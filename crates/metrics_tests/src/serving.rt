//! Metrics over the loopback network.
use metrics_http::serving::MetricsServer;
use mio::net::TcpListener;
use std::alloc::{AllocError, Global};
use std::io::{Read, Write};
use std::net::{Ipv4Addr, Net, SocketAddr, TcpStream};
use std::rt::Clock;
use std::sync::atomic::{AtomicBool, Ordering};
use std::sync::{Arc, Wait};
use std::test::Fail;
use std::thread::{JoinHandle, Threads};
use std::time::Duration;
use std::{net, thread};

/// A source of so many times these bytes; without any it has nothing to tell.
#[derive(Drop)]
struct Repeated {
    bytes: &'static [u8],
    times: u32,
    has_ended: AtomicBool,
}

impl Repeated {
    /// What is told of it; `None` where it has nothing to tell.
    fn text(&self, alloc: Global) -> Option<Vec<u8>> {
        if self.times == 0 {
            return None;
        }
        let mut text = Vec::new(alloc);
        for _ in 0..self.times {
            text.extend_from_slice(self.bytes).ok()?;
        }
        Some(text)
    }

    /// Whether nobody is to be served any more.
    fn has_ended(&self) -> bool {
        self.has_ended.load(Ordering::SeqCst)
    }
}

/// Such a source.
fn many_times(
    alloc: Global,
    bytes: &'static [u8],
    times: u32,
) -> Result<Arc<Repeated>, AllocError> {
    let source = Repeated {
        bytes,
        times,
        has_ended: AtomicBool::new(false),
    };
    Ok(Arc::new(alloc, source)?)
}

/// Answers who asks these listeners for a source, until that has ended.
fn serve<R: Wait + Clock + Net>(
    rt: &R,
    alloc: Global,
    listeners: Vec<TcpListener>,
    source: &Repeated,
) {
    let Ok(mut server) = MetricsServer::new(rt, alloc, listeners, true) else {
        return;
    };
    for _ in rt.forever() {
        if source.has_ended() {
            return;
        }
        if server.is_asked(rt) {
            match source.text(alloc) {
                Some(text) => server.answer(Some(text.as_slice())),
                None => server.answer(None),
            }
        }
    }
}

/// Serves a source: its server and port.
fn start<
    R: Threads
        + Wait
        + Clock
        + Net<Listener = net::TcpListener, Stream = net::TcpStream>
        + Copy
        + Send
        + 'static,
>(rt: R, alloc: Global, source: &Arc<Repeated>) -> Result<(JoinHandle<()>, u16), Fail> {
    let listener = TcpListener::bind(&rt, SocketAddr::from((Ipv4Addr::LOCALHOST, 0)))?;
    let port = listener.local_addr()?.port();
    let mut listeners = Vec::new(alloc);
    listeners.push(listener)?;
    let source = Arc::try_clone(source)?;
    let server = thread::spawn(&rt, move || serve(&rt, alloc, listeners, &*source))?;
    Ok((server, port))
}

/// A connection that sends this first.
fn connect<R: Net<Listener = net::TcpListener, Stream = net::TcpStream>>(
    rt: &R,
    port: u16,
    sent: &[u8],
) -> Result<TcpStream, Fail> {
    let mut stream = TcpStream::connect(rt, SocketAddr::from((Ipv4Addr::LOCALHOST, port)))?;
    stream.set_read_timeout(Some(Duration::from_secs(30)))?;
    stream.write_all(sent)?;
    Ok(stream)
}

/// All that comes over a connection until its end.
fn all_of(alloc: Global, stream: TcpStream) -> Result<Vec<u8>, Fail> {
    let mut stream = stream;
    let mut bytes = Vec::new(alloc);
    stream.read_to_end(&mut bytes)?;
    Ok(bytes)
}

/// A part of more than is buffered.
static MUCH: [u8; 65_536] = [b'#'; 65_536];

const ASKS: &[u8] = b"GET /metrics HTTP/1.1\r\nHost: localhost\r\n\r\n";

const ASKS_ELSEWHERE: &[u8] = b"GET / HTTP/1.1\r\nHost: localhost\r\n\r\n";

const NOT_FOUND: &[u8] =
    b"HTTP/1.1 404 Not Found\r\nContent-Length: 0\r\nConnection: close\r\n\r\n";

const TEN: &[u8] =
    b"HTTP/1.1 200 OK\r\nContent-Type: application/openmetrics-text; version=1.0.0; charset=utf-8\r\nContent-Length: 10\r\nConnection: close\r\n\r\n##########";

#[test]
fn requests_are_answered(rt: HostRuntime) -> Result<(), Fail> {
    let alloc = rt.alloc();
    let source = many_times(alloc, b"##########", 1)?;
    let (server, port) = start(rt, alloc, &source)?;
    for (sent, wanted) in [(ASKS, TEN), (ASKS_ELSEWHERE, NOT_FOUND), (ASKS, TEN)] {
        let stream = connect(&rt, port, sent)?;
        assert!(rt; all_of(alloc, stream)?.as_slice() == wanted);
    }
    // in two pieces, and with more behind it than is read
    let mut stream = connect(&rt, port, &ASKS[..20])?;
    thread::sleep(&rt, Duration::from_millis(200));
    stream.write_all(&ASKS[20..])?;
    stream.write_all(&[b'x'; 5000])?;
    assert!(rt; all_of(alloc, stream)?.as_slice() == TEN);
    source.has_ended.store(true, Ordering::SeqCst);
    server.join(&rt);
    Ok(())
}

// Three say nothing, and one asks for more than is buffered and reads nothing of it: their time is over first.
#[test]
fn nobody_keeps_others_waiting(rt: HostRuntime) -> Result<(), Fail> {
    let alloc = rt.alloc();
    let source = many_times(alloc, &MUCH, 160)?;
    let (server, port) = start(rt, alloc, &source)?;
    let mut silent = Vec::new(alloc);
    for _ in 0..3u32 {
        silent.push(connect(&rt, port, b"")?)?;
    }
    let stopped = connect(&rt, port, ASKS)?;
    let fifth = connect(&rt, port, ASKS_ELSEWHERE)?;
    assert!(rt; all_of(alloc, fifth)?.as_slice() == NOT_FOUND);
    for stream in silent {
        assert!(rt; all_of(alloc, stream)?.is_empty());
    }
    drop(stopped);
    source.has_ended.store(true, Ordering::SeqCst);
    server.join(&rt);
    Ok(())
}

// Whoever is served when it ends is closed.
#[test]
fn it_ends(rt: HostRuntime) -> Result<(), Fail> {
    let alloc = rt.alloc();
    let source = many_times(alloc, b"", 0)?;
    let (server, port) = start(rt, alloc, &source)?;
    let none = connect(&rt, port, ASKS)?;
    assert!(rt; all_of(alloc, none)?.starts_with(b"HTTP/1.1 503 "));
    let mut silent = connect(&rt, port, b"")?;
    source.has_ended.store(true, Ordering::SeqCst);
    server.join(&rt);
    // whether it was taken by then or not
    let _ = silent.read(&mut [0u8; 16]);
    Ok(())
}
====
Problem statement — Would you repeat the records above without any changes?

Task solution —
filename crates/metrics_tests/src/serving.rt
//! Metrics over the loopback network.
use metrics_http::serving::MetricsServer;
use mio::net::TcpListener;
use std::alloc::{AllocError, Global};
use std::io::{Read, Write};
use std::net::{Ipv4Addr, Net, SocketAddr, TcpStream};
use std::rt::Clock;
use std::sync::atomic::{AtomicBool, Ordering};
use std::sync::{Arc, Wait};
use std::test::Fail;
use std::thread::{JoinHandle, Threads};
use std::time::Duration;
use std::{net, thread};

/// A source of so many times these bytes; without any it has nothing to tell.
#[derive(Drop)]
struct Repeated {
    bytes: &'static [u8],
    times: u32,
    has_ended: AtomicBool,
}

impl Repeated {
    /// What is told of it; `None` where it has nothing to tell.
    fn text(&self, alloc: Global) -> Option<Vec<u8>> {
        if self.times == 0 {
            return None;
        }
        let mut text = Vec::new(alloc);
        for _ in 0..self.times {
            text.extend_from_slice(self.bytes).ok()?;
        }
        Some(text)
    }

    /// Whether nobody is to be served any more.
    fn has_ended(&self) -> bool {
        self.has_ended.load(Ordering::SeqCst)
    }
}

/// Such a source.
fn many_times(
    alloc: Global,
    bytes: &'static [u8],
    times: u32,
) -> Result<Arc<Repeated>, AllocError> {
    let source = Repeated {
        bytes,
        times,
        has_ended: AtomicBool::new(false),
    };
    Ok(Arc::new(alloc, source)?)
}

/// Answers who asks these listeners for a source, until that has ended.
fn serve<R: Wait + Clock + Net>(
    rt: &R,
    alloc: Global,
    listeners: Vec<TcpListener>,
    source: &Repeated,
) {
    let Ok(mut server) = MetricsServer::new(rt, alloc, listeners, true) else {
        return;
    };
    for _ in rt.forever() {
        if source.has_ended() {
            return;
        }
        if server.is_asked(rt) {
            match source.text(alloc) {
                Some(text) => server.answer(Some(text.as_slice())),
                None => server.answer(None),
            }
        }
    }
}

/// Serves a source: its server and port.
fn start<
    R: Threads
        + Wait
        + Clock
        + Net<Listener = net::TcpListener, Stream = net::TcpStream>
        + Copy
        + Send
        + 'static,
>(rt: R, alloc: Global, source: &Arc<Repeated>) -> Result<(JoinHandle<()>, u16), Fail> {
    let listener = TcpListener::bind(&rt, SocketAddr::from((Ipv4Addr::LOCALHOST, 0)))?;
    let port = listener.local_addr()?.port();
    let mut listeners = Vec::new(alloc);
    listeners.push(listener)?;
    let source = Arc::try_clone(source)?;
    let server = thread::spawn(&rt, move || serve(&rt, alloc, listeners, &*source))?;
    Ok((server, port))
}

/// A connection that sends this first.
fn connect<R: Net<Listener = net::TcpListener, Stream = net::TcpStream>>(
    rt: &R,
    port: u16,
    sent: &[u8],
) -> Result<TcpStream, Fail> {
    let mut stream = TcpStream::connect(rt, SocketAddr::from((Ipv4Addr::LOCALHOST, port)))?;
    stream.set_read_timeout(Some(Duration::from_secs(30)))?;
    stream.write_all(sent)?;
    Ok(stream)
}

/// All that comes over a connection until its end.
fn all_of(alloc: Global, stream: TcpStream) -> Result<Vec<u8>, Fail> {
    let mut stream = stream;
    let mut bytes = Vec::new(alloc);
    stream.read_to_end(&mut bytes)?;
    Ok(bytes)
}

/// A part of more than is buffered.
static MUCH: [u8; 65_536] = [b'#'; 65_536];

const ASKS: &[u8] = b"GET /metrics HTTP/1.1\r\nHost: localhost\r\n\r\n";

const ASKS_ELSEWHERE: &[u8] = b"GET / HTTP/1.1\r\nHost: localhost\r\n\r\n";

const NOT_FOUND: &[u8] =
    b"HTTP/1.1 404 Not Found\r\nContent-Length: 0\r\nConnection: close\r\n\r\n";

const TEN: &[u8] =
    b"HTTP/1.1 200 OK\r\nContent-Type: application/openmetrics-text; version=1.0.0; charset=utf-8\r\nContent-Length: 10\r\nConnection: close\r\n\r\n##########";

#[test]
fn requests_are_answered(rt: HostRuntime) -> Result<(), Fail> {
    let alloc = rt.alloc();
    let source = many_times(alloc, b"##########", 1)?;
    let (server, port) = start(rt, alloc, &source)?;
    for (sent, wanted) in [(ASKS, TEN), (ASKS_ELSEWHERE, NOT_FOUND), (ASKS, TEN)] {
        let stream = connect(&rt, port, sent)?;
        assert!(rt; all_of(alloc, stream)?.as_slice() == wanted);
    }
    // in two pieces, and with more behind it than is read
    let mut stream = connect(&rt, port, &ASKS[..20])?;
    thread::sleep(&rt, Duration::from_millis(200));
    stream.write_all(&ASKS[20..])?;
    stream.write_all(&[b'x'; 5000])?;
    assert!(rt; all_of(alloc, stream)?.as_slice() == TEN);
    source.has_ended.store(true, Ordering::SeqCst);
    server.join(&rt);
    Ok(())
}

// Three say nothing, and one asks for more than is buffered and reads nothing of it: their time is over first.
#[test]
fn nobody_keeps_others_waiting(rt: HostRuntime) -> Result<(), Fail> {
    let alloc = rt.alloc();
    let source = many_times(alloc, &MUCH, 160)?;
    let (server, port) = start(rt, alloc, &source)?;
    let mut silent = Vec::new(alloc);
    for _ in 0..3u32 {
        silent.push(connect(&rt, port, b"")?)?;
    }
    let stopped = connect(&rt, port, ASKS)?;
    let fifth = connect(&rt, port, ASKS_ELSEWHERE)?;
    assert!(rt; all_of(alloc, fifth)?.as_slice() == NOT_FOUND);
    for stream in silent {
        assert!(rt; all_of(alloc, stream)?.is_empty());
    }
    drop(stopped);
    source.has_ended.store(true, Ordering::SeqCst);
    server.join(&rt);
    Ok(())
}

// Whoever is served when it ends is closed.
#[test]
fn it_ends(rt: HostRuntime) -> Result<(), Fail> {
    let alloc = rt.alloc();
    let source = many_times(alloc, b"", 0)?;
    let (server, port) = start(rt, alloc, &source)?;
    let none = connect(&rt, port, ASKS)?;
    assert!(rt; all_of(alloc, none)?.starts_with(b"HTTP/1.1 503 "));
    let mut silent = connect(&rt, port, b"")?;
    source.has_ended.store(true, Ordering::SeqCst);
    server.join(&rt);
    // whether it was taken by then or not
    let _ = silent.read(&mut [0u8; 16]);
    Ok(())
}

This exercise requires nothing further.